Responding to the opposition, Parliamentary Affairs Minister Kiren Rijiju said the government intends to refer the Bill to a Joint Parliamentary Committee (JPC) for detailed examination.
Congress Lok Sabha MP Manish Tewari warned that the Bill could result in “excessive centralisation” of higher education. He argued that the proposed law violates the constitutional division of legislative powers between the Union and the states.
According to him, the Bill goes beyond setting academic standards and intrudes into areas such as administration, affiliation, and the establishment and closure of university campuses. These matters, he said, fall under Entry 25 of the Concurrent List and Entry 32 of the State List, which cover the incorporation and regulation of state universities.

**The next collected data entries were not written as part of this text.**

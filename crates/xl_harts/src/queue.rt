//! The requests that some hart has still to take. A request enters every queue at once; so one list
//! of them serves all harts, and a queue is the newest of it.

ghost use Rattle.std.specs.Prelude.{◌≡◌, ◌<◌, ◌∷◌, map, length};
ghost use Rattle.circular_buffer.specs.Buffer.{buffer};
ghost use Rattle.xl_hart_model.specs.Harts.{hart_asked, longest};
ghost use Rattle.xl_harts.specs.Views.{AllShort};

use crate::hart::Hart;
use circular_buffer::HeapCircularBuffer;
use xl_hart_model::Request;

/// Puts a request into every queue.
pub(crate) fn put(requests: &mut HeapCircularBuffer<Request>, harts: &mut [Hart], request: Request)
    requires room { length requests.old.items < requests.old.capacity }
    requires queues { AllShort harts.old }
    ensures requests { requests.new ≡ buffer (request ∷ requests.old.items) requests.old.capacity }
    ensures harts { harts.new ≡ map hart_asked harts.old }
{
    requests.push_front(request);
    ask_each(harts);
}

/// Puts a request more into the queue of each hart.
fn ask_each(harts: &mut [Hart])
    requires { AllShort harts.old }
    ensures { harts.new ≡ map hart_asked harts.old }
{
    let Some((first, rest)) = harts.split_first_mut() else {
        return;
    };
    first.ask();
    ask_each(rest);
}

/// The length of the longest queue.
pub(crate) fn longest_of(harts: &[Hart]) -> usize
    ensures { result ≡ longest harts.now }
{
    let Some((hart, rest)) = harts.split_first() else {
        return 0;
    };
    hart.waiting().max(longest_of(rest))
}
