//! Two-stage translation as a form of the program.

ghost use Rattle.std.specs.Prelude.{◌≡◌, All, false};
ghost use Rattle.xl_nested_model.specs.declared.nest.NestEvent.{NestEvent};
ghost use Rattle.xl_nested_model.specs.Nested.{NestState};
ghost use Rattle.xl_nested_script.specs.Lines.{IsPlaced};
ghost use Rattle.xl_paired.specs.Pairs.{Item, meaning_of};
ghost use Rattle.xl_nesting.specs.Nesting.{nested_form, counts_text};

use crate::events::{reply, serve_accesses, serve_events};
use xl_course::{Form, Source, Stop};
use xl_lackey::{Access, Batch};
use xl_nested::Nested;
use xl_nested_report::{write_nest, write_nest_counts};
use xl_nested_script::NestCommand;
use xl_outside::{Failed, Sink};

/// The form of two-stage translation. Beside the guest over its host it keeps room for accesses
/// that the trace gives together.
#[derive(Drop)]
pub struct Nesting {
    accesses: Batch,
}

impl Nesting {
    /// The form.
    pub fn new() -> Nesting {
        Nesting {
            accesses: Batch::new(),
        }
    }
}

impl Form<Nested> for Nesting {
    type Command = NestCommand;

    type End = ();

    ghost Item = { Item NestEvent };

    ghost State = { NestState };

    ghost meaning = { meaning_of nested_form };

    ghost state = { λ _ nested. nested };

    ghost can = { λ _ _ commands. All IsPlaced commands };

    ghost last = { λ _ s. counts_text s };

    ghost late = { λ _. false };

    ghost holds = { λ nested s. nested ≡ s };

    fn command<K: Sink>(
        &mut self,
        nested: &mut Nested,
        command: NestCommand,
        _answers: bool,
        _out: &mut K,
    ) -> Result<(), Failed> {
        if let NestCommand::Events { first, n } = command {
            serve_events(nested, first, n);
        }
        Ok(())
    }

    #[inline(always)]
    fn access<K: Sink>(
        &mut self,
        nested: &mut Nested,
        number: u64,
        access: Access,
        answers: bool,
        out: &mut K,
    ) -> Result<(), Failed> {
        let reply = reply(nested, access.va, access.kind);
        if answers {
            return write_nest(out, number, access.kind, access.va, reply);
        }
        Ok(())
    }

    #[inline(always)]
    fn skim<T: Source>(&mut self, nested: &mut Nested, source: &mut T, most: u64) -> u64 {
        self.accesses.clear();
        let taken = source.skim(&mut self.accesses, most);
        serve_accesses(nested, self.accesses.as_slice());
        taken
    }

    fn finish<K: Sink>(&mut self, nested: &mut Nested, _end: (), out: &mut K) -> Result<(), Stop> {
        match write_nest_counts(out, &nested.counts()) {
            Ok(()) => Ok(()),
            Err(_) => Err(Stop::WriteFault),
        }
    }
}
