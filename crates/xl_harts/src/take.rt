//! Requests that are taken.

ghost use Rattle.std.specs.Prelude.{◌≡◌, ◌<◌, ◌≤◌, ◌+◌, None, length, take, slice_get};
ghost use Rattle.circular_buffer.specs.Buffer.{buffer};
ghost use Rattle.xl_model.specs.Addresses.{pages_of};
ghost use Rattle.xl_hart_model.specs.Harts.{after_hart_event, hart_refusal, oldest};
ghost use Rattle.xl_hart_model.specs.declared.hart.HartEvent.TheVariants as step;
ghost use Rattle.xl_harts.specs.Pools.{Fits, IsReleasing, pool_after, released};

use crate::hart::Hart;
use crate::harts::Harts;
use crate::queue::longest_of;
use circular_buffer::HeapCircularBuffer;
use xl_frames::Frames;
use xl_hart_model::Request;

/// The oldest request of a hart's queue.
fn oldest_of(requests: &HeapCircularBuffer<Request>, hart: &Hart) -> Request
    requires some { 0 < hart.now.waiting }
    requires there { hart.now.waiting ≤ length requests.now.items }
    ensures { result ≡ oldest hart.now requests.now.items }
{
    let Some(request) = requests.get(hart.waiting() - 1) else {
        unreachable!()
    };
    *request
}

/// Gives back the frames that a request held back.
fn give_back(frames: &mut Frames, request: Request)
    requires { Fits request frames.old }
    ensures { frames.new ≡ pool_after request frames.old }
{
    if let Some(leaf) = request.before {
        if request.after.is_none() {
            frames.give(leaf.frame, leaf.order);
        }
    }
}

/// Lets go of the oldest request where no queue has it any more, and gives back the frames that it
/// held back.
fn release_oldest(requests: &mut HeapCircularBuffer<Request>, frames: &mut Frames, longest: usize)
    requires { IsReleasing longest requests.old.items frames.old }
    ensures requests { requests.new ≡ buffer (take longest requests.old.items)
        requests.old.capacity }
    ensures frames { frames.new ≡ released longest requests.old.items frames.old }
{
    if longest < requests.len() {
        if let Some(request) = requests.pop_back() {
            give_back(frames, request);
        }
    }
}

impl Harts {
    /// A hart takes the oldest request of its queue.
    pub(crate) fn take_request(&mut self, hart: u16)
        requires { hart_refusal self.old (step.Take hart) ≡ None }
        ensures { self.new ≡ after_hart_event (step.Take hart) self.old }
    {
        let request = oldest_of(&self.requests, &self.harts[hart as usize]);
        self.harts[hart as usize].fence(request);
        release_oldest(
            &mut self.requests,
            &mut self.frames,
            longest_of(&self.harts),
        );
    }
}
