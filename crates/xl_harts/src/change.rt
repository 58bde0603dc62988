//! The commands that change the mapping, where nothing refuses them.

ghost use Rattle.std.specs.Prelude.{◌≡◌, None, Some, true, false};
ghost use Rattle.xl_model.specs.Changes.{Insert, Remove, Protect, Relocate, IsNamed};
ghost use Rattle.xl_model.specs.Mapping.{meets_any};
ghost use Rattle.xl_model.specs.Room.{has_room};
ghost use Rattle.xl_model.specs.Structures.{IsBlock, IsLeafFor, table_after};
ghost use Rattle.xl_model.specs.declared.event.Event.TheVariants as event;
ghost use Rattle.xl_radix_walk.specs.Row.{row_table};
ghost use Rattle.xl_harts.specs.Views.{after_own, leaf_of, refusal_of};

use crate::harts::Harts;
use crate::queue::put;
use xl_hart_model::Request;
use xl_model::{Leaf, Mode, Order, Perm, Structure, page_of};
use xl_radix_walk::RadixRow;

/// Adds a leaf for which there is room.
fn insert(table: &mut RadixRow<3>, leaf: Leaf)
    requires valid { IsLeafFor (row_table 3 table.old).shape leaf }
    requires free { meets_any leaf.space leaf.first leaf.order (row_table 3 table.old).leaves
        ≡ false }
    requires room { has_room (Insert leaf) (row_table 3 table.old).leaves
        (row_table 3 table.old).shape ≡ true }
    ensures { row_table 3 table.new ≡ table_after (Insert leaf) (row_table 3 table.old) }
{
    match table.insert(leaf) {
        Ok(_) => {}
        Err(_) => unreachable!(),
    }
}

/// Drops a leaf.
fn remove(table: &mut RadixRow<3>, space: u16, first: u64, order: Order)
    requires { IsNamed space first order (row_table 3 table.old).leaves }
    ensures { row_table 3 table.new ≡ table_after (Remove space first order)
        (row_table 3 table.old) }
{
    match table.remove(space, first, order) {
        Ok(_) => {}
        Err(_) => unreachable!(),
    }
}

/// Gives a leaf another permission.
fn protect(table: &mut RadixRow<3>, space: u16, first: u64, order: Order, perm: Perm)
    requires { IsNamed space first order (row_table 3 table.old).leaves }
    ensures { row_table 3 table.new ≡ table_after (Protect space first order perm)
        (row_table 3 table.old) }
{
    match table.protect(space, first, order, perm) {
        Ok(_) => {}
        Err(_) => unreachable!(),
    }
}

/// Moves a leaf, for which there is room at its new place.
fn relocate(table: &mut RadixRow<3>, space: u16, first: u64, to: u64, order: Order)
    requires there { IsNamed space first order (row_table 3 table.old).leaves }
    requires valid { IsBlock (row_table 3 table.old).shape space to order }
    requires free { meets_any space to order (row_table 3 table.old).leaves ≡ false }
    requires room { has_room (Relocate space first to order) (row_table 3 table.old).leaves
        (row_table 3 table.old).shape ≡ true }
    ensures { row_table 3 table.new ≡ table_after (Relocate space first to order)
        (row_table 3 table.old) }
{
    match table.relocate(space, first, to, order) {
        Ok(_) => {}
        Err(_) => unreachable!(),
    }
}

impl Harts {
    /// Maps a block to the lowest block of frames that is neither mapped nor held back.
    pub(crate) fn map(&mut self, space: u16, va: u64, order: Order, perm: Perm)
        requires { refusal_of (event.Map space va order perm) self.old ≡ None }
        ensures { self.new ≡ after_own (event.Map space va order perm) self.old }
    {
        let Some(frame) = self.frames.take(order) else {
            unreachable!()
        };
        let leaf = Leaf {
            space,
            first: page_of(Mode::Sv39, va),
            order,
            frame,
            perm,
        };
        insert(&mut self.table, leaf);
        let request = Request {
            before: None,
            after: Some(leaf),
        };
        put(&mut self.requests, &mut self.harts, request);
        self.accepted = self.accepted.wrapping_add(1);
    }

    /// Takes the leaf that is named, which is `old`, out of the mapping. Its frames are held back.
    pub(crate) fn unmap(&mut self, space: u16, va: u64, order: Order, old: Leaf)
        requires ruled { refusal_of (event.Unmap space va order) self.old ≡ None }
        requires found { leaf_of space va self.old ≡ Some old }
        ensures { self.new ≡ after_own (event.Unmap space va order) self.old }
    {
        remove(&mut self.table, space, page_of(Mode::Sv39, va), order);
        let request = Request {
            before: Some(old),
            after: None,
        };
        put(&mut self.requests, &mut self.harts, request);
        self.accepted = self.accepted.wrapping_add(1);
    }

    /// Gives the leaf that is named, which is `old`, another permission.
    pub(crate) fn protect(&mut self, space: u16, va: u64, order: Order, perm: Perm, old: Leaf)
        requires ruled { refusal_of (event.Protect space va order perm) self.old ≡ None }
        requires found { leaf_of space va self.old ≡ Some old }
        ensures { self.new ≡ after_own (event.Protect space va order perm) self.old }
    {
        protect(&mut self.table, space, page_of(Mode::Sv39, va), order, perm);
        let request = Request {
            before: Some(old),
            after: Some(Leaf { perm, ..old }),
        };
        put(&mut self.requests, &mut self.harts, request);
        self.accepted = self.accepted.wrapping_add(1);
    }

    /// Moves the leaf that is named, which is `old`, to another block, with its frames and its
    /// permission.
    pub(crate) fn relocate(&mut self, space: u16, from: u64, to: u64, order: Order, old: Leaf)
        requires ruled { refusal_of (event.Move space from to order) self.old ≡ None }
        requires found { leaf_of space from self.old ≡ Some old }
        ensures { self.new ≡ after_own (event.Move space from to order) self.old }
    {
        let place = page_of(Mode::Sv39, to);
        relocate(
            &mut self.table,
            space,
            page_of(Mode::Sv39, from),
            place,
            order,
        );
        let request = Request {
            before: Some(old),
            after: Some(Leaf {
                first: place,
                ..old
            }),
        };
        put(&mut self.requests, &mut self.harts, request);
        self.accepted = self.accepted.wrapping_add(1);
    }
}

Tewari further stated that the Bill suffers from “excessive delegation of legislative power” to the proposed commission. He pointed out that crucial aspects such as accreditation frameworks, degree-granting powers, penalties, institutional autonomy, and even the supersession of institutions are left to be decided through rules, regulations, and executive directions. He argued that this amounts to a violation of established constitutional principles governing delegated legislation.
Under the Bill, the regulatory council will have the power to impose heavy penalties on higher education institutions for violating provisions of the Act or related rules. Penalties range from ₹10 lakh to ₹75 lakh for repeated violations, while establishing an institution without approval from the commission or the state government could attract a fine of up to ₹2 crore.
Concerns were also raised by members from southern states over the Hindi nomenclature of the Bill. N.K. Premachandran, an MP from the Revolutionary Socialist Party representing Kollam in Kerala, said even the name of the Bill was difficult to pronounce.
He pointed out that under Article 348 of the Constitution, the text of any Bill introduced in Parliament must be in English unless Parliament decides otherwise.
DMK MP T.M. Selvaganapathy also criticised the government for naming laws and schemes only in Hindi. He said the Constitution clearly mandates that the nomenclature of a Bill should be in English so that citizens across the country can understand its intent.
Congress MP S. Jothimani from Tamil Nadu’s Karur constituency described the Bill as another attempt to impose Hindi and termed it “an attack on federalism.”